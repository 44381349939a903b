//! The piece with which a netlist's text begins: a token, or what is skipped.
ghost use Rattle.std.specs.Prelude.{◌≡◌, ◌≤◌, ◌<◌, ◌∷◌, ◌&&◌, ◌==◌, not, IfSome, length, take, drop, true, false};
ghost use Rattle.std.specs.List.{take_while};
ghost use Rattle.text_defs.specs.Pieces.{is_white, begins_with};
ghost use Rattle.net_text.specs.NetlistTokens.{based, is_width, is_name_byte, is_graphic, escaped_piece, name_piece, number_piece, skipped_piece, line_piece, netlist_piece, digits_at};
ghost use Rattle.net_text.specs.PieceViews.{piece_view, what_view, digits_alone};

use crate::runs;
use text_streams::{begins_with, behind, closed_by, front, is_white};

/// What a piece is, with the bytes that it shows.
#[derive(Clone, Copy)]
pub enum NetPiece<'a> {
    /// White space, a comment, an attribute between `(*` and `*)`, a line that begins with a back quote.
    Skipped,
    Plain(&'a [u8]),
    /// An escaped identifier, without its backslash.
    Escaped(&'a [u8]),
    Digits(&'a [u8]),
    Constant(&'a [u8]),
    /// Any other byte.
    Mark(u8),
    /// A comment, an attribute or an escaped identifier that the end of the text cuts.
    Unclosed,
}

/// A piece, and how many bytes it has.
#[derive(Clone, Copy)]
pub struct PieceAt<'a> {
    pub what: NetPiece<'a>,
    pub size: usize,
}

/// What is skipped from two bytes on up to where it is closed, by its text behind them.
fn skipped_piece(closed: Option<usize>, behind: &[u8]) -> PieceAt<'static>
    requires text { length behind.now < 18446744073709551600 }
    requires closed { IfSome closed (λ n. n ≤ length behind.now) }
    ensures { piece_view result ≡ skipped_piece behind.now closed }
{
    match closed {
        None => PieceAt {
            what: NetPiece::Unclosed,
            size: 2 + behind.len(),
        },
        Some(size) => PieceAt {
            what: NetPiece::Skipped,
            size: 2 + size,
        },
    }
}

/// A piece of a single byte.
fn byte_piece(what: NetPiece<'static>) -> PieceAt<'static>
    ensures { piece_view result ≡ record { what = what_view what.entry; size = 1 } }
{
    PieceAt { what, size: 1 }
}

/// A word that begins with a letter or `_`.
fn name_piece(text: &[u8]) -> PieceAt<'_>
    ensures { piece_view result ≡ name_piece (take_while is_name_byte text.now) }
{
    let size = runs::name_size(text);
    PieceAt {
        what: NetPiece::Plain(front(text, size)),
        size,
    }
}

/// A backslash, by the text behind it: an escaped identifier, or a byte by itself.
fn escaped_piece(behind: &[u8]) -> PieceAt<'_>
    requires { length behind.now < 18446744073709551600 }
    ensures { piece_view result ≡ escaped_piece (take_while is_graphic behind.now) (drop (length (take_while is_graphic behind.now)) behind.now) }
{
    let size = runs::graphic_size(behind);
    let (name, rest) = behind.split_at(size);
    let Some(after) = rest.first() else {
        return PieceAt {
            what: NetPiece::Unclosed,
            size: 1 + size,
        };
    };
    if size > 0 && is_white(*after) {
        return PieceAt {
            what: NetPiece::Escaped(name),
            size: 1 + size,
        };
    }
    byte_piece(NetPiece::Mark(b'\\'))
}

/// How many bytes of a base and a value stand behind the width of a constant.
fn based_size(text: &[u8]) -> usize
    ensures size { result ≡ length (based text.now) }
    ensures front { take result text.now ≡ based text.now }
    ensures within { result ≤ length text.now }
{
    match text {
        [b'\'', base, first, ..] if runs::is_base(*base) && runs::is_value_byte(*first) => {
            2 + runs::value_size(behind(text, 2))
        }
        _ => 0,
    }
}

/// Whether digits are the width of a constant.
fn is_width(digits: &[u8]) -> bool
    ensures { result ≡ is_width digits.now }
{
    let width = runs::number_of(digits);
    1 <= width && width <= 65536
}

/// Digits alone.
fn digits_piece(digits: &[u8]) -> PieceAt<'_>
    ensures { piece_view result ≡ digits_alone digits.now }
{
    PieceAt {
        what: NetPiece::Digits(digits),
        size: digits.len(),
    }
}

/// Digits alone, or those of a constant with its base and value.
fn number_piece(text: &[u8]) -> PieceAt<'_>
    requires { length text.now < 18446744073709551600 }
    ensures { piece_view result ≡ number_piece (digits_at text.now) (based (drop (length (digits_at text.now)) text.now)) }
{
    let size = runs::digits_size(text);
    let digits = front(text, size);
    let more = based_size(behind(text, size));
    if more == 0 {
        return digits_piece(digits);
    }
    if !is_width(digits) {
        return digits_piece(digits);
    }
    PieceAt {
        what: NetPiece::Constant(front(text, size + more)),
        size: size + more,
    }
}

/// The rest of a line.
fn line_piece(text: &[u8]) -> PieceAt<'static>
    ensures { piece_view result ≡ line_piece text.now }
{
    PieceAt {
        what: NetPiece::Skipped,
        size: runs::line_size(text),
    }
}

/// What begins with a slash, by the text behind it.
#[tactic(auto, unfolding(crate::specs::NetlistTokens::netlist_piece))]
fn slash_piece<'a>(fresh: bool, text: &'a [u8], behind: &[u8]) -> PieceAt<'a>
    requires split { text.now ≡ 47 ∷ behind.now }
    requires size { length behind.now < 18446744073709551600 }
    ensures { piece_view result ≡ netlist_piece fresh (47 ∷ behind.now) }
{
    if begins_with(b'/', behind) {
        return line_piece(text);
    }
    if begins_with(b'*', behind) {
        let inside = text_streams::behind(behind, 1);
        return skipped_piece(closed_by(b'*', b'/', inside), inside);
    }
    byte_piece(NetPiece::Mark(b'/'))
}

/// Whether an attribute begins behind a parenthesis.
fn begins_attribute(behind: &[u8]) -> bool
    ensures test { result ≡ (begins_with 42 behind.now && not (begins_with 41 (drop 1 behind.now))) }
    ensures some { result ≡ true → 1 ≤ length behind.now }
{
    begins_with(b'*', behind) && !begins_with(b')', text_streams::behind(behind, 1))
}

/// What begins with an opening parenthesis, by the text behind it.
#[tactic(auto, unfolding(crate::specs::NetlistTokens::netlist_piece))]
fn open_piece(fresh: bool, behind: &[u8]) -> PieceAt<'static>
    requires size { length behind.now < 18446744073709551600 }
    ensures { piece_view result ≡ netlist_piece fresh (40 ∷ behind.now) }
{
    if begins_attribute(behind) {
        let inside = text_streams::behind(behind, 1);
        return skipped_piece(closed_by(b'*', b')', inside), inside);
    }
    byte_piece(NetPiece::Mark(b'('))
}

/// What begins with any other byte, which is no white space.
#[tactic(auto, unfolding(crate::specs::NetlistTokens::netlist_piece))]
fn other_piece<'a>(fresh: bool, byte: u8, text: &'a [u8], behind: &'a [u8]) -> PieceAt<'a>
    requires split { text.now ≡ byte ∷ behind.now }
    requires size { length text.now < 18446744073709551600 }
    requires white { is_white byte ≡ false }
    requires quote { (fresh && byte == 96) ≡ false }
    requires slash { (byte == 47) ≡ false }
    requires parenthesis { (byte == 40) ≡ false }
    ensures { piece_view result ≡ netlist_piece fresh (byte ∷ behind.now) }
{
    if runs::begins_name(byte) {
        return name_piece(text);
    }
    if byte == b'\\' {
        return escaped_piece(behind);
    }
    if byte.is_ascii_digit() {
        return number_piece(text);
    }
    byte_piece(NetPiece::Mark(byte))
}

/// Whether a line begins with a back quote here.
fn begins_directive(fresh: bool, byte: u8) -> bool
    ensures { result ≡ (fresh && byte == 96) }
{
    fresh && byte == b'`'
}

/// The piece with which a text begins, by its first byte and the text behind it.
#[tactic(auto, unfolding(crate::specs::NetlistTokens::netlist_piece))]
fn piece_from<'a>(fresh: bool, byte: u8, text: &'a [u8], behind: &'a [u8]) -> PieceAt<'a>
    requires split { text.now ≡ byte ∷ behind.now }
    requires size { length text.now < 18446744073709551600 }
    ensures { piece_view result ≡ netlist_piece fresh (byte ∷ behind.now) }
{
    if is_white(byte) {
        return byte_piece(NetPiece::Skipped);
    }
    if begins_directive(fresh, byte) {
        return line_piece(text);
    }
    if byte == b'/' {
        return slash_piece(fresh, text, behind);
    }
    if byte == b'(' {
        return open_piece(fresh, behind);
    }
    other_piece(fresh, byte, text, behind)
}

/// The piece with which a text begins. `fresh` tells that only blanks stand before it on its line.
#[tactic(auto, using(crate::proofs::PieceLaws::first_split))]
pub fn netlist_piece(fresh: bool, text: &[u8]) -> PieceAt<'_>
    requires some { 0 < length text.now }
    requires size { length text.now < 18446744073709551600 }
    ensures { piece_view result ≡ netlist_piece fresh text.now }
{
    piece_from(fresh, text[0], text, behind(text, 1))
}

——

# Task item
From the entries above, copy each line that holds "Plain".

# Reply
    Plain(&'a [u8]),
        what: NetPiece::Plain(front(text, size)),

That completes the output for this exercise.